Two themes dominated the mortgage rate marketplace this week – but there’s no solid proof that either one can keep mortgage rates on a sustained downward trajectory.
But there is some proof emerging that the housing market has survived the worst of the recession.
For the week, mortgage rates were down in most sectors, as 30-year fixed mortgage rates abruptly fell from 5.47% to 5.37% according to the BankingMyWay National Mortgage Rate Tracker. Similarly, the index saw 15-year rates slide from 4.97% to 4.90%.
On the adjustable-rate side of the market, one-year ARMs were in freefall, plummeting from 4.64% to 4.20%, while five-year ARMs fell much more moderately, from 4.95% to 4.92%.
The only exception to the rule last week was in three-year ARMs, which increased from 4.87% to 4.98%.
The primary reason that mortgage rates eased back last week? Look to the first of our two themes: Federal Reserve Chairman Ben Bernanke’s testimony in front a U.S. Senate panel that inflation was not on the horizon – and even if it was, the Fed was well positioned to deal with it. Regular readers of BankingMyWay know that higher inflation equals higher interest rates. So with talks of inflation quashed by Bernanke (for now, at least), it’s no surprise that rates have fallen of late.
Another key theme this week is the mostly encouraging news from the U.S. housing market. The National Association of Realtors, which admittedly has some skin in the game, reports that median home prices increased for the second month in a row – just beating analyst expectations. Even better, the NAR reports that sales of existing homes rose 3.6% for June, 2009. That’s the first time since 2004 that existing home sales increased for three straight months.

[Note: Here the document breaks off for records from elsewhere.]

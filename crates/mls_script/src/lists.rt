//! Values, lists of them, and new values of attributes, from the tokens that are left.
ghost use Rattle.std.specs.Prelude.{◌≡◌, [], option_map};
ghost use Rattle.mls_parser.specs.Noted.{GivesPlaced};
ghost use Rattle.mls_parser.specs.ReadList.{numbered_in, items_at};
ghost use Rattle.mls_script.specs.ReadList.{value_of_token, value_at, fits_attribute, attribute_at, are_as_many};
ghost use Rattle.mls_script.specs.ReadList.{item_at, list_at, set_at, sets_at};

use mls_lattice::Items;
use mls_parser::{PlacedFault, Reader, TextCause, ill_formed, with_set};
use mls_scheme::{Attributes, Scheme, Value, fits_kind};
use mls_tokens::{Sign, Token};
use std::alloc::Global;

/// A value or null as it is written, and the place of its first byte.
type PlacedValue = (Option<Value>, usize);

/// New values of attributes outside the key, by their numbers.
pub(crate) type Sets = Items<(usize, Option<Value>)>;

/// The value or null that a token is, if it is one.
fn value_of_token(token: Token) -> Option<Option<Value>>
    ensures { result ≡ value_of_token token }
{
    match token {
        Token::Int(number) => Some(Some(Value::Int(number))),
        Token::Text(text) => Some(Some(Value::Text(text))),
        Token::Word(word) => {
            if word.as_str() == "null" {
                Some(None)
            } else {
                None
            }
        }
        Token::Sign(_) => None,
    }
}

/// Passes a value or null, and gives it with its place.
fn value(reader: &mut Reader) -> Result<PlacedValue, PlacedFault>
    ensures { GivesPlaced (λ x. ((x.0, x.1), reader.new)) result (value_at reader.old) }
{
    let first = reader.tokens.pop().ok_or(reader.tokens.stop())?;
    let value = value_of_token(first.token).ok_or(ill_formed(first.at, TextCause::Expected))?;
    Ok((value, first.at))
}

/// Whether a value may stand for the attribute of a number, or where there is none.
#[tactic(auto, using(crate::proofs::ItemSteps::slot_steps))]
fn fits_attribute(attributes: &Attributes, number: Option<usize>, value: &Option<Value>) -> bool
    ensures { result ≡ fits_attribute (numbered_in attributes.now number) value.now }
{
    match number {
        Some(number) if number < attributes.len() => {
            fits_kind(value, attributes.get(number).kind)
        }
        _ => true,
    }
}

// ---- lists

/// Whether a value may stand at a place of a list.
fn fits_item(attributes: Option<&Attributes>, place: usize, value: &Option<Value>) -> bool
    ensures { result ≡ fits_attribute (attribute_at (option_map (λ a. a.now) attributes.entry) place) value.now }
{
    match attributes {
        Some(attributes) => fits_attribute(attributes, Some(place), value),
        None => true,
    }
}

/// Whether a list has a value for each attribute.
fn are_as_many(attributes: Option<&Attributes>, count: usize) -> bool
    ensures { result ≡ are_as_many (option_map (λ a. a.now) attributes.entry) count }
{
    match attributes {
        Some(attributes) => count == attributes.len(),
        None => true,
    }
}

/// One value more, behind those before.
#[tactic(auto, unfolding(crate::specs::ReadList::item_at))]
fn item(
    reader: &mut Reader,
    attributes: Option<&Attributes>,
    front: &mut Vec<Option<Value>>,
) -> Result<(), PlacedFault>
    ensures { GivesPlaced (λ _. (front.new.items, reader.new)) result
        (item_at (option_map (λ a. a.now) attributes.entry) front.old.items reader.old) }
{
    let (value, at) = value(reader)?;
    let fits = fits_item(attributes, front.as_slice().len(), &value);
    reader.note(fits, at, TextCause::Kind)?;
    front.push(value)?;
    Ok(())
}

/// Values, one or more with a comma between each two.
#[tactic(auto, using(crate::proofs::ItemSteps::item_steps))]
fn items(
    alloc: Global,
    reader: &mut Reader,
    attributes: Option<&Attributes>,
) -> Result<Vec<Option<Value>>, PlacedFault>
    ensures { GivesPlaced (λ v. (v.items, reader.new)) result
        (items_at (item_at (option_map (λ a. a.now) attributes.entry)) [] reader.old) }
{
    let mut items = Vec::new(alloc);
    loop {
        item(reader, attributes, &mut items)?;
        if reader.takes_sign(Sign::Comma).is_none() {
            return Ok(items);
        }
    }
}

/// A list in parentheses, with a value for each of some attributes, or with any values.
#[tactic(auto, unfolding(crate::specs::ReadList::list_at))]
pub(crate) fn list(
    alloc: Global,
    reader: &mut Reader,
    attributes: Option<&Attributes>,
) -> Result<Items<Option<Value>>, PlacedFault>
    ensures { GivesPlaced (λ vs. (vs, reader.new)) result
        (list_at (option_map (λ a. a.now) attributes.entry) reader.old) }
{
    reader.sign(Sign::LeftParen)?;
    if let Some(end) = reader.takes_sign(Sign::RightParen) {
        reader.note(are_as_many(attributes, 0), end, TextCause::Kind)?;
        return Ok(Items::from(Vec::new(alloc)));
    }
    let items = items(alloc, reader, attributes)?;
    let end = reader.sign(Sign::RightParen)?;
    let fits = are_as_many(attributes, items.as_slice().len());
    reader.note(fits, end, TextCause::Kind)?;
    Ok(Items::from(items))
}

// ---- new values

/// An attribute and its new value, behind those before.
#[tactic(auto, unfolding(crate::specs::ReadList::set_at))]
fn set(
    reader: &mut Reader,
    scheme: &Scheme,
    front: &mut Vec<(usize, Option<Value>)>,
) -> Result<(), PlacedFault>
    ensures { GivesPlaced (λ _. (front.new.items, reader.new)) result (set_at scheme.now front.old.items reader.old) }
{
    let number = reader.target(scheme, front.as_slice())?;
    let (value, at) = value(reader)?;
    let fits = fits_attribute(scheme.others(), number, &value);
    reader.note(fits, at, TextCause::Kind)?;
    with_set(front, number, value)?;
    Ok(())
}

/// New values, one or more with a comma between each two.
#[tactic(auto, using(crate::proofs::ItemSteps::item_steps))]
fn new_values(alloc: Global, reader: &mut Reader, scheme: &Scheme) -> Result<Sets, PlacedFault>
    ensures { GivesPlaced (λ xs. (xs, reader.new)) result (items_at (set_at scheme.now) [] reader.old) }
{
    let mut sets = Vec::new(alloc);
    loop {
        set(reader, scheme, &mut sets)?;
        if reader.takes_sign(Sign::Comma).is_none() {
            return Ok(Items::from(sets));
        }
    }
}

/// A word, and new values behind it.
#[tactic(auto, unfolding(crate::specs::ReadList::sets_at))]
pub(crate) fn sets(alloc: Global, reader: &mut Reader, scheme: &Scheme) -> Result<Sets, PlacedFault>
    ensures { GivesPlaced (λ xs. (xs, reader.new)) result (sets_at scheme.now reader.old) }
{
    reader.word("set")?;
    new_values(alloc, reader, scheme)
}
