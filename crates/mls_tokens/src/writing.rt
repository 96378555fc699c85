//! Names, numbers and texts, as they are written.
ghost use Rattle.std.specs.Prelude.{◌≡◌, ◌<◌, ◌++◌, OnOk, flat_map, true, Some, None, if◌then◌else◌};
ghost use Rattle.std.specs.Fmt.{signed_decimal};
ghost use Rattle.mls_tokens.specs.Writing.{is_control, is_escaped, hex_digit, printable_byte, printable, quoted_byte};
ghost use Rattle.mls_tokens.specs.Writing.{quoted, is_hex, hex_value, hex_pair, is_control_pair};

use std::alloc::{AllocError, Global};

/// Whether a byte is a control character, which stands in a text between quotes as `\x` and two digits.
pub(crate) fn is_control(byte: u8) -> bool
    ensures { result ≡ is_control byte }
{
    byte < 32 || byte == 127
}

/// Whether a byte stands behind a backslash in a text between quotes.
pub(crate) fn is_escaped(byte: u8) -> bool
    ensures { result ≡ is_escaped byte }
{
    byte == b'"' || byte == b'\\'
}

/// A digit of a hexadecimal number, in lower case.
pub(crate) fn hex_digit(number: u8) -> u8
    requires { number < 16 }
    ensures { result ≡ hex_digit number }
{
    if number < 10 {
        b'0' + number
    } else {
        b'a' - 10 + number
    }
}

fn is_hex(byte: u8) -> bool
    ensures { result ≡ is_hex byte }
{
    byte.is_ascii_digit() || byte >= b'a' && byte <= b'f'
}

/// The number of a hexadecimal digit in lower case.
fn hex_value(digit: u8) -> u8
    requires { is_hex digit ≡ true }
    ensures value { result ≡ hex_value digit }
    ensures small { result < 16 }
{
    if digit.is_ascii_digit() {
        digit - b'0'
    } else {
        digit - b'a' + 10
    }
}

/// The control character that two digits spell, if they spell one.
pub(crate) fn control_of(high: u8, low: u8) -> Option<u8>
    ensures { result ≡ (if is_control_pair high low then Some (hex_pair high low) else None) }
{
    if !is_hex(high) || !is_hex(low) {
        return None;
    }
    let byte = 16 * hex_value(high) + hex_value(low);
    if is_control(byte) { Some(byte) } else { None }
}

fn push_byte(text: &mut Vec<u8>, byte: u8) -> Result<(), AllocError>
    ensures { OnOk result (text.new.items ≡ text.old.items ++ printable_byte byte) }
{
    if is_control(byte) {
        text.extend_from_slice(&[b'\\', b'x', hex_digit(byte / 16), hex_digit(byte % 16)])?;
    } else {
        text.push(byte)?;
    }
    Ok(())
}

/// Appends a text as it is.
pub fn push_str(text: &mut Vec<u8>, words: &str) -> Result<(), AllocError>
    ensures { OnOk result (text.new.items ≡ text.old.items ++ words.now) }
{
    text.extend_from_slice(words.as_bytes())
}

/// Appends a number in decimal, with a minus below 0.
pub fn push_int(alloc: Global, text: &mut Vec<u8>, number: i64) -> Result<(), AllocError>
    ensures { OnOk result (text.new.items ≡ text.old.items ++ signed_decimal number) }
{
    let digits = format!(in alloc; "{number}")?;
    push_str(text, &digits)
}

/// Appends a name, whose control characters are written as `\x` and two digits.
pub fn push_printable(text: &mut Vec<u8>, name: &str) -> Result<(), AllocError>
    ensures { OnOk result (text.new.items ≡ text.old.items ++ printable name.now) }
{
    for byte in name.as_bytes() {
        push_byte(text, *byte)?;
    }
    Ok(())
}

fn push_quoted_byte(text: &mut Vec<u8>, byte: u8) -> Result<(), AllocError>
    ensures { OnOk result (text.new.items ≡ text.old.items ++ quoted_byte byte) }
{
    if is_escaped(byte) {
        text.extend_from_slice(&[b'\\', byte])?;
        return Ok(());
    }
    push_byte(text, byte)
}

fn push_inside(text: &mut Vec<u8>, inside: &str) -> Result<(), AllocError>
    ensures { OnOk result (text.new.items ≡ text.old.items ++ flat_map quoted_byte inside.now) }
{
    for byte in inside.as_bytes() {
        push_quoted_byte(text, *byte)?;
    }
    Ok(())
}

/// Appends a text between quotes, with its escapes.
pub fn push_quoted(text: &mut Vec<u8>, inside: &str) -> Result<(), AllocError>
    ensures { OnOk result (text.new.items ≡ text.old.items ++ quoted inside.now) }
{
    text.push(b'"')?;
    push_inside(text, inside)?;
    text.push(b'"')?;
    Ok(())
}
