//! Where a byte of a text stands.
ghost use Rattle.std.specs.Prelude.{◌≡◌, ◌≤◌, ◌==◌, length, reverse, take, count_by};
ghost use Rattle.std.specs.List.{prefix_len};
ghost use Rattle.mls_tokens.specs.Text.{is_no_feed};
ghost use Rattle.mls_tokens.specs.Spot.{spot_at};

/// Where a byte of a text stands: lines, and the bytes of a line, are counted from 1.
#[derive(Clone, Copy, PartialEq, Eq, Debug)]
pub struct Spot {
    pub line: usize,
    pub column: usize,
}

/// The first bytes of a text, as many as there are up to a number.
fn first(bytes: &[u8], count: usize) -> &[u8]
    ensures { result.now ≡ take count bytes.now }
{
    &bytes[..count.min(bytes.len())]
}

/// How many LFs there are.
fn feeds(bytes: &[u8]) -> usize
    ensures exact { result ≡ count_by (λ b. b == 10) bytes.now }
    ensures few { result ≤ length bytes.now }
{
    bytes.iter().filter(|byte| **byte == b'\n').count()
}

/// How many bytes stand behind the last LF.
fn behind_feed(bytes: &[u8]) -> usize
    ensures exact { result ≡ prefix_len is_no_feed (reverse bytes.now) }
    ensures few { result ≤ length bytes.now }
{
    bytes
        .iter()
        .rev()
        .take_while(|byte| **byte != b'\n')
        .count()
}

/// Where the byte behind so many others stands; behind more than there are, the end of the text.
#[tactic(auto, unfolding(crate::specs::Spot::spot_at))]
pub fn spot_at(bytes: &[u8], count: usize) -> Spot
    ensures { result ≡ spot_at bytes.now count }
{
    let before = first(bytes, count);
    Spot {
        line: 1 + feeds(before),
        column: 1 + behind_feed(before),
    }
}
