//! What stands between tokens.
ghost use Rattle.std.specs.Prelude.{◌≡◌, ◌≤◌, length, false, IfOk, IfErr, IfSome};
ghost use Rattle.std.specs.List.{prefix_len};
ghost use Rattle.mls_tokens.specs.Text.{is_blank, is_no_feed};
ghost use Rattle.mls_lattice.specs.Reading.{Shows};
ghost use Rattle.mls_tokens.specs.Scanning.{comment_fault, after_gap};

fn is_blank(byte: u8) -> bool
    ensures { result ≡ is_blank byte }
{
    byte == b' ' || byte == b'\t' || byte == b'\n' || byte == b'\r'
}

fn comment_length(bytes: &[u8]) -> usize
    ensures run { result ≡ prefix_len is_no_feed bytes.now }
    ensures within { result ≤ length bytes.now }
{
    bytes.iter().take_while(|byte| **byte != b'\n').count()
}

/// How many bytes are left from the first of a comment that is not UTF-8.
#[tactic(auto, using(crate::proofs::GapLemmas::comment_steps))]
fn comment_fault(bytes: &[u8]) -> Option<usize>
    ensures exact { result ≡ comment_fault bytes.now }
    ensures within { IfSome result (λ left. left ≤ length bytes.now) }
{
    let comment = &bytes[..comment_length(bytes)];
    match std::str::from_utf8(comment) {
        Ok(_) => None,
        Err(e) => Some(bytes.len().saturating_sub(e.valid_up_to())),
    }
}

/// What stands behind blanks and comments; or how many bytes are left from the first of a comment that is not UTF-8.
pub(crate) fn after_gap(bytes: &[u8]) -> Result<&[u8], usize>
    ensures exact { Shows (λ rest. rest.now) result (after_gap false bytes.now) }
    ensures shorter { IfOk result (λ rest. length rest.now ≤ length bytes.now) }
    ensures within { IfErr result (λ left. left ≤ length bytes.now) }
{
    let mut inside = false;
    for (i, byte) in bytes.iter().enumerate() {
        if inside {
            inside = *byte != b'\n';
        } else if *byte == b'#' {
            if let Some(left) = comment_fault(&bytes[i + 1..]) {
                return Err(left);
            }
            inside = true;
        } else if !is_blank(*byte) {
            return Ok(&bytes[i..]);
        }
    }
    Ok(&[])
}
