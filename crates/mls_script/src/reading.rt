//! Scripts, line by line.
ghost use Rattle.std.specs.Prelude.{List, ◌≡◌, ◌≢◌, [], IfOk, ◌++◌, ◌∷◌, OnOk, IfErr, IsTrue, IsFalse, option_to_list};
ghost use Rattle.std.specs.List.{AllByRecursion};
ghost use Rattle.mls_translang.specs.declared.event.Event.{Event as TheEvent};
ghost use Rattle.mls_script.specs.declared.fault.ScriptCause.TheVariants.{Memory};
ghost use Rattle.mls_translang.specs.Event.{EventFits};
ghost use Rattle.mls_script.specs.Script.{ReadsScript};
ghost use Rattle.mls_tokens.specs.Scanning.{tokens_at};
ghost use Rattle.mls_parser.specs.Noted.{GivesPlaced};
ghost use Rattle.mls_script.specs.Reading.{GivesLine, GivesScript, told_at, line_at, script_at};

use crate::command::told;
use crate::fault::{LineFault, ScriptCause, ScriptFault};
use mls_lattice::Policy;
use mls_parser::{PlacedFault, Reader};
use mls_scheme::Schemes;
use mls_tokens::Tokens;
use mls_translang::Event;
use std::alloc::Global;

/// A line, whether it has its LF, and what follows it.
fn split_line(bytes: &[u8]) -> (&[u8], bool, &[u8])
    ensures ended { IsTrue result.1 → bytes.now ≡ result.0.now ++ 10 ∷ result.2.now }
    ensures last { IsFalse result.1 → (bytes.now ≡ result.0.now) × (result.2.now ≡ []) }
    ensures one { AllByRecursion (λ b. b ≢ 10) result.0.now }
{
    match bytes.iter().position(|byte| *byte == b'\n') {
        Some(end) => (&bytes[..end], true, &bytes[end + 1..]),
        None => (bytes, false, &[]),
    }
}

/// What a line tells, and the reader behind it.
fn line_told(
    alloc: Global,
    policy: &Policy,
    schemes: &Schemes,
    line: &[u8],
) -> Result<(Option<Event>, Reader), PlacedFault>
    ensures { GivesPlaced (λ x. (x.0, x.1)) result (told_at policy.now schemes.now ([], tokens_at line.now)) }
{
    let mut reader = Reader::new(alloc, Tokens::new(alloc, line)?);
    let told = told(alloc, policy, schemes, &mut reader)?;
    Ok((told, reader))
}

/// What a line tells, or its first fault.
#[tactic(auto, unfolding(crate::specs::Reading::line_at))]
fn line_event(
    alloc: Global,
    policy: &Policy,
    schemes: &Schemes,
    line: &[u8],
    ended: bool,
) -> Result<Option<Event>, LineFault>
    ensures { GivesLine (λ e. e) result (line_at policy.now schemes.now line.now ended) }
{
    let (told, reader) = line_told(alloc, policy, schemes, line)?;
    if !ended {
        return Err(LineFault {
            at: line.len() + 1,
            cause: ScriptCause::Unterminated,
        });
    }
    match reader.least() {
        Some(fault) => Err(LineFault::from(fault)),
        None => Ok(told),
    }
}

fn keep(events: &mut Vec<Event>, told: Option<Event>) -> Result<(), LineFault>
    ensures kept { OnOk result (events.new.items ≡ events.old.items ++ option_to_list told) }
    ensures memory { IfErr result (λ e. e.cause ≡ Memory) }
{
    if let Some(event) = told {
        if events.push(event).is_err() {
            return Err(LineFault {
                at: 1,
                cause: ScriptCause::Memory,
            });
        }
    }
    Ok(())
}

/// The events of a script, in order, or its first fault.
#[tactic(auto, using(crate::proofs::ScriptSteps::script_steps))]
fn events_of(
    alloc: Global,
    policy: &Policy,
    schemes: &Schemes,
    bytes: &[u8],
) -> Result<Vec<Event>, ScriptFault>
    ensures { GivesScript (λ v. v.items) result (script_at policy.now schemes.now bytes.now) }
{
    let mut events = Vec::new(alloc);
    let mut rest = bytes;
    let mut number: usize = 0;
    while !rest.is_empty() {
        number += 1;
        let (line, ended, after) = split_line(rest);
        let told = match line_event(alloc, policy, schemes, line, ended) {
            Ok(told) => told,
            Err(fault) => return Err(fault.in_line(number)),
        };
        if let Err(fault) = keep(&mut events, told) {
            return Err(fault.in_line(number));
        }
        rest = after;
    }
    Ok(events)
}

/// The events of a script, in order. The first line that has a fault refuses the whole: on it 21 Token, 22
/// Expected, 26 Depth, 27 TooLong and 30 Unterminated come before 23 UnknownName, 24 Kind and 25 Repeated, of which
/// the least is answered, by place and then by number. 29 Memory may stand in place of any answer: at the token that
/// is copied, or else at column 0 or 1 of the line. A call has any name and any values, since a script is read
/// without the transactions.
pub fn script(
    alloc: Global,
    policy: &Policy,
    schemes: &Schemes,
    bytes: &[u8],
) -> Result<Vec<Event>, ScriptFault>
    // The events, or the first fault with its line, column and cause.
    ensures exact { GivesScript (λ v. v.items) result (script_at policy.now schemes.now bytes.now) }
    // What is read is what the text tells.
    ensures reads { IfOk result (λ v. ReadsScript policy.now schemes.now bytes.now v.items) }
    // Unless memory runs out, no text that tells events is refused.
    ensures refused { IfErr result (λ e. e.cause ≢ Memory → (es : List TheEvent)
        → ReadsScript policy.now schemes.now bytes.now es → ⊥) }
    // Each event keeps to the numbers and kinds of policy and schemes.
    ensures fits { IfOk result (λ v. AllByRecursion (EventFits policy.now schemes.now) v.items) }
{
    policy.use_invariant();
    schemes.use_invariant();
    events_of(alloc, policy, schemes, bytes)
}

While the home sales numbers should have a positive impact across the board for the long-struggling housing market, it’s the median sales figures that should really boost spirits. In January of 2009, the NAR reports that the median U.S. house averaged $164,000 in value. Six months later, that number has risen to $181,000.
True, housing prices have a long way to go to fully recover – after all, the average price of a U.S. home in June 2008 was $215,000, the NAR says. But underlying factors to slower, or even negative housing growth, including the high number of foreclosures we’ve seen in the past six months, are abating. The fastest growing sector of the housing market is low-end markets, where foreclosures are more prevalent. Less foreclosures means higher home values, and higher home values means more relieved consumers, which really helps the economy.
In the end, the mortgage market is usually on cycle or another. In the past two years, it’s been a huge downward cycle, with home prices dropping amidst a sour economic climate. But perhaps we’re seeing the makings of a new cycle now. With home prices on the rise, and interest rates still relatively cheap, buyers (especially newbie’s) figure to be more aggressive in the real estate market.
That should buck up sales figures, take some pressure off of homeowners and erase those headlines about how terrible the housing market is right now. When that happens, the positive cycle only grows faster – and larger.
While we’re not there yet, that’s the end game. And momentum shows that, finally, the housing market may be heading in the right direction.